### EXERCISE PROMPT
Determine the number of lines in the data below that hold "IsTrue"; give nothing but that number.

[Collected data entries]

/---

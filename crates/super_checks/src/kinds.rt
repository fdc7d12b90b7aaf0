//! Super types of a wrong kind.

ghost use Rattle.std.specs.Prelude.{◌≡◌, map};
ghost use Rattle.refusal_order.specs.Refusals.{least};
ghost use Rattle.class_order.specs.Declarations.{declaration_of};
ghost use Rattle.class_headers.specs.SuperTypes.{supers_of};
ghost use Rattle.super_checks.specs.SuperCases.{class_above_interface, classes_above_interfaces, kind_cases_by};

use class_headers::{Supers, bad_supers};
use class_order::Declared;
use refusal_order::{lesser_of, where_true};
use rlc_base::{Code, Refusal};

// The refusal of an interface that extends a class.
fn class_above_interface(class: &Declared) -> Option<Refusal>
    ensures { result ≡ least (class_above_interface (declaration_of class.now)) }
{
    let extends = class.declaration.superclass.is_some();
    where_true(
        class.declaration.is_interface && extends,
        Code::BadSuper,
        class.declaration.name.pos,
    )
}

// The least refusal of interfaces that extend a class.
fn classes_above_interfaces(order: &[Declared]) -> Option<Refusal>
    ensures { result ≡ least (classes_above_interfaces (map declaration_of order.now)) }
{
    let mut found = None;
    for class in order {
        found = lesser_of(found, class_above_interface(class));
    }
    found
}

/// The least refusal of super types of a wrong kind, code 34 at the class: an interface or a final class that is extended, a
/// class that is implemented, or that an interface extends.
pub fn kind_refusal(order: &[Declared], supers: &[Supers]) -> Option<Refusal>
    ensures { result ≡ least (kind_cases_by (map declaration_of order.now) (map supers_of supers.now)) }
{
    let bad = bad_supers(order, supers);
    let interfaces = classes_above_interfaces(order);
    lesser_of(bad, interfaces)
}
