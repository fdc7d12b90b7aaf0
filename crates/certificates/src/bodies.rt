//! The part of one body.

ghost use Rattle.std.specs.Prelude.{◌≡◌, ◌<◌, [], ℕ, length, IfOk, IfErr};
ghost use Rattle.rlc_base.specs.declared.faults.Refusal.{Refusal as DeclaredRefusal};
ghost use Rattle.fact_pool.specs.Regions.{IsLive, list_of, with_list};
ghost use Rattle.java_cfg.specs.Contents.{arcs_of, nodes_of};
ghost use Rattle.java_cfg.specs.Graphs.{IsGraphOf};
ghost use Rattle.java_cfg.specs.Limits.{HasTooManyPlaces, PassesLimit};
ghost use Rattle.flow_rules.specs.WellFormed.{HasSmallInterests};
ghost use Rattle.program_faults.specs.ListedFields.{HasListedFields};
ghost use Rattle.program_faults.specs.BodyReports.{IsBodyStop};
ghost use Rattle.certificates.specs.Certified.{IsBodyVerdict};

use crate::lines::{pair_lines, put_number};
use crate::sheet::Sheet;
use fact_pool::{Pool, Region};
use java_cfg::{Graph, build_graph};
use java_control::Fact;
use obligation_flow::check_into;
use program_model::{BodyId, Program};
use rlc_base::{NoMemory, Stop};
use std::alloc::Global;

// The part of a body with these pairs: its line and theirs.
fn part_of(alloc: Global, b: BodyId, lines: &[(u32, Vec<u8>)]) -> Result<Vec<u8>, NoMemory> {
    let mut part = Vec::new(alloc);
    part.extend_from_slice(b"body ")?;
    put_number(alloc, u64::from(b.0), &mut part)?;
    part.extend_from_slice(b" ")?;
    put_number(alloc, lines.len() as u64, &mut part)?;
    part.extend_from_slice(b"\n")?;
    for (node, words) in lines {
        put_number(alloc, u64::from(*node), &mut part)?;
        part.extend_from_slice(b" ")?;
        part.extend_from_slice(words)?;
        part.extend_from_slice(b"\n")?;
    }
    Ok(part)
}

// Follows the facts of a body that passes no limit on controls and places in the empty list of a region, and puts its pairs where no step
// breaks a rule. Answers whether none does.
fn put_walked(
    alloc: Global,
    p: &Program,
    b: BodyId,
    graph: &Graph,
    pool: &mut Pool<Fact>,
    region: &Region,
    sheet: &mut Sheet,
) -> Result<bool, Stop>
    requires interests { HasSmallInterests p.now }
    requires fields { HasListedFields p.now }
    requires graph { IsGraphOf p.now b (nodes_of graph.now) (arcs_of graph.now) }
    requires places { HasTooManyPlaces p.now b → ⊥ }
    requires small { (r : DeclaredRefusal) → PassesLimit p.now b r → ⊥ }
    requires live { IsLive pool.old region.now }
    requires empty { list_of pool.old region.now ≡ [] }
    ensures verdict { IfOk result (IsBodyVerdict p.now b) }
    ensures cause { IfErr result (IsBodyStop p.now b 0) }
    ensures live { IsLive pool.new region.now }
    ensures others { pool.new ≡ with_list pool.old region.now (list_of pool.new region.now) }
{
    let trace = check_into(alloc, p, b, graph, pool, region)?;
    if trace.count() > 0 {
        return Ok(false);
    }
    let lines = pair_lines(alloc, p, b, pool, region, trace.pairs())?;
    let part = part_of(alloc, b, &lines)?;
    sheet.put(&part)?;
    Ok(true)
}

/// Puts the part of a body, where no step of a path breaks a rule. Answers whether none does. The facts of the body stand in a region of
/// their own, which is released whatever comes.
///
/// # Errors
///
/// `TooMuch` with the place of the body's method where the body passes a limit: code 63, 64 or 65. `NoMemory` where memory runs out.
pub(crate) fn put_body(
    alloc: Global,
    p: &Program,
    b: BodyId,
    pool: &mut Pool<Fact>,
    sheet: &mut Sheet,
) -> Result<bool, Stop>
    requires interests { HasSmallInterests p.now }
    requires fields { HasListedFields p.now }
    ensures verdict { IfOk result (IsBodyVerdict p.now b) }
    ensures cause { IfErr result (IsBodyStop p.now b 0) }
{
    let graph = build_graph(alloc, p, b)?;
    let region = pool.begin(alloc)?;
    let verdict = put_walked(alloc, p, b, &graph, pool, &region, sheet);
    pool.release(region);
    verdict
}
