//! What the classes of the core library are.

ghost use Rattle.std.specs.Prelude.{◌≡◌, ◌↔◌, length, map, slice_get, IsTrue, IfOk};
ghost use Rattle.class_names.specs.ClassNames.{rows_in};
ghost use Rattle.class_order.specs.Cases.{IsLeast};
ghost use Rattle.class_order.specs.Core.{AreCore};
ghost use Rattle.class_order.specs.Declarations.{declaration_of};
ghost use Rattle.class_headers.specs.SuperTypes.{AreKnown, IsUnder};
ghost use Rattle.super_checks.specs.SuperCases.{AreOfLibrary, HasStringClass, IsCoreLibrary, core_misplaced, is_final_at, is_final_in_library, is_library_at, language_exceptions};

use crate::exceptions::{both, has_exceptions};
use class_headers::{clear_marks, is_final, is_under};
use class_names::ClassNames;
use class_order::Declared;
use program_model::{ClassId, CoreClasses};
use refusal_order::where_true;
use rlc_base::{Code, NoMemory, Pos, Refusal};
use std::alloc::Global;

// Whether a class is a final class of the library.
fn is_final_in_library(class: &Declared) -> bool
    ensures { result ≡ is_final_in_library (declaration_of class.now) }
{
    class.scope.library && (!class.declaration.is_interface && is_final(class.declaration))
}

// Whether the class with this number is a final class of the library.
fn is_final_at(order: &[Declared], class: ClassId) -> bool
    ensures { result ≡ is_final_at (slice_get (map declaration_of order.now) class.0) }
{
    match order.get(class.0 as usize) {
        None => false,
        Some(declared) => is_final_in_library(declared),
    }
}

// Whether the class with this number is one of the library.
fn is_library_at(order: &[Declared], class: ClassId) -> bool
    ensures { result ≡ is_library_at (slice_get (map declaration_of order.now) class.0) }
{
    match order.get(class.0 as usize) {
        None => false,
        Some(declared) => declared.scope.library,
    }
}

// Whether all these classes are of the library.
fn are_library(order: &[Declared], classes: &[ClassId]) -> bool
    ensures { IsTrue result ↔ AreOfLibrary (map declaration_of order.now) classes.now }
{
    let mut all = true;
    for class in classes {
        let fits = is_library_at(order, *class);
        all = both(all, fits);
    }
    all
}

// Whether the exceptions that the language itself throws are classes of the library.
fn has_library_exceptions(order: &[Declared], core: CoreClasses) -> bool
    ensures { IsTrue result ↔ AreOfLibrary (map declaration_of order.now) (language_exceptions core) }
{
    let thrown = [
        core.error,
        core.runtime_exception,
        core.arithmetic_exception,
        core.array_index_exception,
        core.class_cast_exception,
        core.negative_array_size_exception,
        core.null_pointer_exception,
    ];
    are_library(order, &thrown)
}

// Whether the class of strings is one of exceptions.
fn is_exception(
    alloc: Global,
    names: &ClassNames,
    direct: &[Vec<ClassId>],
    core: CoreClasses,
) -> Result<bool, NoMemory>
    requires known { AreKnown (rows_in direct.now) }
    requires long { length names.now ≡ length direct.now }
    requires core { AreCore names.now core }
    ensures { IfOk result (λ b. IsTrue b ↔ IsUnder (rows_in direct.now) core.string core.throwable) }
{
    let _count = names.len();
    let mut marks = clear_marks(alloc, direct.len())?;
    let under = is_under(alloc, direct, &mut marks, core.string, core.throwable)?;
    Ok(under)
}

// Whether the class of strings is as the language says.
fn has_string_class(
    alloc: Global,
    order: &[Declared],
    names: &ClassNames,
    direct: &[Vec<ClassId>],
    core: CoreClasses,
) -> Result<bool, NoMemory>
    requires known { AreKnown (rows_in direct.now) }
    requires long { length names.now ≡ length direct.now }
    requires core { AreCore names.now core }
    ensures { IfOk result (λ b. IsTrue b ↔ HasStringClass (map declaration_of order.now) (rows_in direct.now) core) }
{
    let is_final = is_final_at(order, core.string);
    let is_exception = is_exception(alloc, names, direct, core)?;
    Ok(both(is_final, !is_exception))
}

// Whether the classes of the core library are as the language says.
fn is_core_library(
    alloc: Global,
    order: &[Declared],
    names: &ClassNames,
    direct: &[Vec<ClassId>],
    core: CoreClasses,
) -> Result<bool, NoMemory>
    requires known { AreKnown (rows_in direct.now) }
    requires long { length names.now ≡ length direct.now }
    requires core { AreCore names.now core }
    ensures { IfOk result (λ b. IsTrue b ↔ IsCoreLibrary (map declaration_of order.now) (rows_in direct.now) core) }
{
    let ordered = has_exceptions(alloc, names, direct, core)?;
    let thrown = has_library_exceptions(order, core);
    let exceptions = both(ordered, thrown);
    let object = is_library_at(order, core.object);
    let string = has_string_class(alloc, order, names, direct, core)?;
    let named_classes = both(object, string);
    Ok(both(exceptions, named_classes))
}

/// The refusal of a core library that is not as the language says: its exceptions don't stand under each other so (JLS 11.1.1,
/// 15.6) or are no classes of the library, `Object` is no class of the library (JLS 4.3.2), or `String` is no final class of the
/// library or is one of exceptions (JLS 4.3.3, 8.1.1.2). It is code 34, with no place in its file.
pub fn core_refusal(
    alloc: Global,
    order: &[Declared],
    names: &ClassNames,
    direct: &[Vec<ClassId>],
    core: CoreClasses,
) -> Result<Option<Refusal>, NoMemory>
    requires known { AreKnown (rows_in direct.now) }
    requires long { length names.now ≡ length direct.now }
    requires core { AreCore names.now core }
    ensures { IfOk result (λ r. IsLeast (λ x. (IsCoreLibrary (map declaration_of order.now) (rows_in direct.now) core → ⊥) × (x ≡ core_misplaced)) r) }
{
    let is_right = is_core_library(alloc, order, names, direct, core)?;
    let no_place = Pos {
        file: 0,
        line: 0,
        col: 0,
    };
    Ok(where_true(!is_right, Code::BadSuper, no_place))
}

\---

### EXERCISE ANSWER
6